When we compare these predictions to the actual observed outcomes, we are correct with 98% accuracy.

When we use this on our test data set, which Kaggle provides, it scores around 75%, which is about mid-pack on the leaderboard. By the way, doing a logistic regression with this exact data scores about 2 percentage points higher.

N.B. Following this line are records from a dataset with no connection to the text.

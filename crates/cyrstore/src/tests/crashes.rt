// The system stops while the new file takes the main file's place: a crash leaves the one or the other, and the next run
// opens it.
use super::cases::{ROOM, action_words, host_of, status_of};
use disk_kinds::MemHost;
use std::alloc::Global;
use std::process::Abort;
use std::test::Fail;

// An action, the file before, which call publishes, and the file that is left where that did not land, and where it did.
#[derive(Clone, Copy)]
struct Row {
    make: bool,
    action: &'static str,
    before: Option<&'static [u8]>,
    publish: u64,
    old: Option<&'static [u8]>,
    new: &'static [u8],
}

// A change of a file that is there, whose seventh call publishes.
fn changed(action: &'static str, before: &'static [u8], new: &'static [u8]) -> Row {
    Row {
        make: false,
        action,
        before: Some(before),
        publish: 7,
        old: Some(before),
        new,
    }
}

// An action on an absent file with the flag.
fn made(action: &'static str, publish: u64, old: Option<&'static [u8]>, new: &'static [u8]) -> Row {
    Row {
        make: true,
        action,
        before: None,
        publish,
        old,
        new,
    }
}

fn rows() -> [Row; 6] {
    [
        changed("set b 2", b"a\t1\n", b"a\t1\nb\t2\n"),
        changed("set a 2", b"b\t1\na\t1", b"a\t2\nb\t1\n"),
        changed("delete a", b"a\t1\n", b""),
        made("show", 4, None, b""),
        made("set k v", 4, None, b""),
        made("set k v", 10, Some(b""), b"k\tv\n"),
    ]
}

// What is left of the host, and that a run with the flag opens it.
fn assert_left(
    rt: &impl Abort,
    alloc: Global,
    host: &MemHost,
    landed: &[bool],
    left: Option<&[u8]>,
) -> Result<(), Fail> {
    let disk = host.disk().left(alloc, landed)?;
    assert_eq!(rt; disk.main(), left);
    let mut next = MemHost::new(alloc, disk, ROOM, &[])?;
    let words = action_words(alloc, true, "consistent")?;
    assert_eq!(rt; status_of(alloc, &words, &mut next)?, 0);
    assert_eq!(rt; next.told(), b"consistent\n".as_slice());
    Ok(())
}

fn assert_row(rt: &impl Abort, alloc: Global, row: &Row) -> Result<(), Fail> {
    let words = action_words(alloc, row.make, row.action)?;
    let mut host = host_of(alloc, row.before, &[row.publish], &[])?;
    assert_eq!(rt; status_of(alloc, &words, &mut host)?, 74, "{}", row.action);
    assert_left(rt, alloc, &host, &[], row.old)?;
    assert_left(rt, alloc, &host, &[true], Some(row.new))
}

#[test]
fn crash_leaves_the_old_file_or_the_new(rt: HostRuntime) -> Result<(), Fail> {
    for row in &rows() {
        assert_row(&rt, rt.alloc(), row)?;
    }
    Ok(())
}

We can also see which variable is most important to the data set. How this is calculated is pretty simple. The importance of the j’th feature is calculated by calculating the Out-of-Bag (OOB) error, which is the prediction error without including that feature in the decision trees and comparing this to the error when the feature is included. Obviously, the bigger this difference, the more important the j’th feature is to accurately predicting, let’s take a look at which variables are most important in our data set:

Screen Shot 2016-06-28 at 10.16.29 PM

Not surprisingly, we see that Fare, Age, and Gender are the most important features we have in our data that help determine whether or not somebody survived.

Here is the code for the graph:

[python]
import matplotlib.pyplot as plt

# first convert from panda DataFrame to python list
for column in data:
vars.append(column)
vars = vars[1:]
print(vars)
imps = []
for imp in importance:
imps.append(imp)
print(imps)
y_pos = np.arange(len(vars))

plt.barh(y_pos, imps, align=’center’, alpha=0.5)
plt.yticks(y_pos, vars)
plt.ylabel(‘Feature’)
plt.xlabel(‘Importance’)
plt.title(‘Feature Importance’)
plt.show()
[/python]

Okay, so that was our introduction to Random Forests, we are able to predict whether or not somebody survives the sinking of the titanic with 75% accuracy. Note there is still a lot that can be improved and tinkered here, I basically threw away half of the data set because they were strings.